= Source information =
....
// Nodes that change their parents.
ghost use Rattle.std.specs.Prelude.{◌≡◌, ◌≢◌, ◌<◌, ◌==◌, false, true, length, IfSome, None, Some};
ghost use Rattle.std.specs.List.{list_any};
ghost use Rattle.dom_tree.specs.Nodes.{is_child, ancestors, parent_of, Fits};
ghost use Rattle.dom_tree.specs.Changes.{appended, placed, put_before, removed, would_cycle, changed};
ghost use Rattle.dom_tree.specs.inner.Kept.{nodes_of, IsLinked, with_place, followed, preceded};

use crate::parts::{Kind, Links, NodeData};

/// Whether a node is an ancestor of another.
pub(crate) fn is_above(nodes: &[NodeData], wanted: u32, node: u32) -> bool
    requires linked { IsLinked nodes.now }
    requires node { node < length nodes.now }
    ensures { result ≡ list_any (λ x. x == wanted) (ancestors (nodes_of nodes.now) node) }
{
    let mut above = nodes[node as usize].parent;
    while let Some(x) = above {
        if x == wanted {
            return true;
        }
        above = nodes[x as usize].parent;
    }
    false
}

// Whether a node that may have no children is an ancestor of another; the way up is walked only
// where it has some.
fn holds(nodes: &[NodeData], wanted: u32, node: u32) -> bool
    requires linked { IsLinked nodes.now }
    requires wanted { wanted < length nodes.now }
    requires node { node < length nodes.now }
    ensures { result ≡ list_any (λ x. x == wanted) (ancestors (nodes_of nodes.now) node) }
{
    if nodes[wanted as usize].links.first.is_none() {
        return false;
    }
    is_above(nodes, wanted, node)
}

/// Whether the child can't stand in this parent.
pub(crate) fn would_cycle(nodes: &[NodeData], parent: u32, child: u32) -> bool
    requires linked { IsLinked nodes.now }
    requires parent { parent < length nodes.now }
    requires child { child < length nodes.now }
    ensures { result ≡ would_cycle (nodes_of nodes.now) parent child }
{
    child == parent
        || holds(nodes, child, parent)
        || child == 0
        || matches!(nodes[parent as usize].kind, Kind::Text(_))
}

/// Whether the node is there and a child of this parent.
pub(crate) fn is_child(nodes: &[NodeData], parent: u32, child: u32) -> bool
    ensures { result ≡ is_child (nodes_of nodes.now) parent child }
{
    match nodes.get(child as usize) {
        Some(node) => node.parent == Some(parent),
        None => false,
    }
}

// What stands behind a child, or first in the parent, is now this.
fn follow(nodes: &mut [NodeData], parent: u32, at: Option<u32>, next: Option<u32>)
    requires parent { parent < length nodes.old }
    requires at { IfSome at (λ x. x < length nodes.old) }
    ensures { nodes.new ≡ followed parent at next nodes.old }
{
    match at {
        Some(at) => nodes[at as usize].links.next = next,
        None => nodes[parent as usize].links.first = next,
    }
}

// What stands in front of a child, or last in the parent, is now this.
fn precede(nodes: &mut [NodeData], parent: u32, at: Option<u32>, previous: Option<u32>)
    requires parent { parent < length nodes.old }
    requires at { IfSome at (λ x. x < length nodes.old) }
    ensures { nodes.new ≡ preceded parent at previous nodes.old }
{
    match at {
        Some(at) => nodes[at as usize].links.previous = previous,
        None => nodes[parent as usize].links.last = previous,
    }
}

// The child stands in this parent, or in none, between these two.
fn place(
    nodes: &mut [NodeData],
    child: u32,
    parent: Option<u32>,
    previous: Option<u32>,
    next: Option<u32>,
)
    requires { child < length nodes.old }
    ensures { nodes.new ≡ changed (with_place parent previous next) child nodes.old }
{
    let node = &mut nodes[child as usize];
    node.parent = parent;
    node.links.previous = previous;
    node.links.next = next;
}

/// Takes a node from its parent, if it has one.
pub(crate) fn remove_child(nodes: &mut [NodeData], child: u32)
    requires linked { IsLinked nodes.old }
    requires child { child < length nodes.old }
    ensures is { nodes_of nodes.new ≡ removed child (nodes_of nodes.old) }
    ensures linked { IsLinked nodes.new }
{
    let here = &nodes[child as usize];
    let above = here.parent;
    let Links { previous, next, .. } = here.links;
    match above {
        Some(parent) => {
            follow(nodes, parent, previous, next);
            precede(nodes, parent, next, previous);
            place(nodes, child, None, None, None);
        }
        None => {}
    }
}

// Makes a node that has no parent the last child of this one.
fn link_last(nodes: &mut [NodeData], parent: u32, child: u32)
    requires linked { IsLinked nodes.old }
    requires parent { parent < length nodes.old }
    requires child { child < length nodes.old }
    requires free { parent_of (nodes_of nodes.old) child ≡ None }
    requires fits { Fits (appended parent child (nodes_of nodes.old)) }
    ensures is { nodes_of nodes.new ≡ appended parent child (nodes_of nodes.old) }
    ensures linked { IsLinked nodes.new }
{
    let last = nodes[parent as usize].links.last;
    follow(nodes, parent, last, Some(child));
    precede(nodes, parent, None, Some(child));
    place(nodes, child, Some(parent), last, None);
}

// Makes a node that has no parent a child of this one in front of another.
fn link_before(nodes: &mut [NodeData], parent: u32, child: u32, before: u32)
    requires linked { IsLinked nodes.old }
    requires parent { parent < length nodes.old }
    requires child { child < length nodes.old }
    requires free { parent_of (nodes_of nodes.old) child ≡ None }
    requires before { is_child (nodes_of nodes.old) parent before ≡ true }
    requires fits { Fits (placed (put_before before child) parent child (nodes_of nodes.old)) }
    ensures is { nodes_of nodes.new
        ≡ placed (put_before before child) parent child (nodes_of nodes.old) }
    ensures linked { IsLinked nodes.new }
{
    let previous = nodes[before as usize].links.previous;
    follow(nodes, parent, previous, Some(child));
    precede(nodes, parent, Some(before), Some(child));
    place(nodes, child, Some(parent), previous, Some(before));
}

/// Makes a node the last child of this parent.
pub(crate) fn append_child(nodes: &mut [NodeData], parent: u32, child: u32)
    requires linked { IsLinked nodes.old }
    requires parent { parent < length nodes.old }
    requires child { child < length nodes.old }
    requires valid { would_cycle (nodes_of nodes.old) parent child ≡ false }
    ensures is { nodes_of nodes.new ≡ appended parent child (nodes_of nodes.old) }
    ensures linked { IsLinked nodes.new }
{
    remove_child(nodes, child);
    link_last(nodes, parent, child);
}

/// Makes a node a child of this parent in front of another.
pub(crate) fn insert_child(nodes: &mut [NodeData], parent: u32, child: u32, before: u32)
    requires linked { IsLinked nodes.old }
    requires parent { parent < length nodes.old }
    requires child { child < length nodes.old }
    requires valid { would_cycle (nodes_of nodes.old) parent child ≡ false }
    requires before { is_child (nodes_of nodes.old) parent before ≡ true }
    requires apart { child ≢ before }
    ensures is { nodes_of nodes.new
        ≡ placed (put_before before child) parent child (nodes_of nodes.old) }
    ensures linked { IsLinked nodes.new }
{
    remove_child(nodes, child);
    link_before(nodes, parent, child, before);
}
....
= Assignment =
Find the word "wanted" in the entries above and gather every line that holds it.

= Answer to this problem =
pub(crate) fn is_above(nodes: &[NodeData], wanted: u32, node: u32) -> bool
    ensures { result ≡ list_any (λ x. x == wanted) (ancestors (nodes_of nodes.now) node) }
        if x == wanted {
fn holds(nodes: &[NodeData], wanted: u32, node: u32) -> bool
    requires wanted { wanted < length nodes.now }
    ensures { result ≡ list_any (λ x. x == wanted) (ancestors (nodes_of nodes.now) node) }
    if nodes[wanted as usize].links.first.is_none() {
    is_above(nodes, wanted, node)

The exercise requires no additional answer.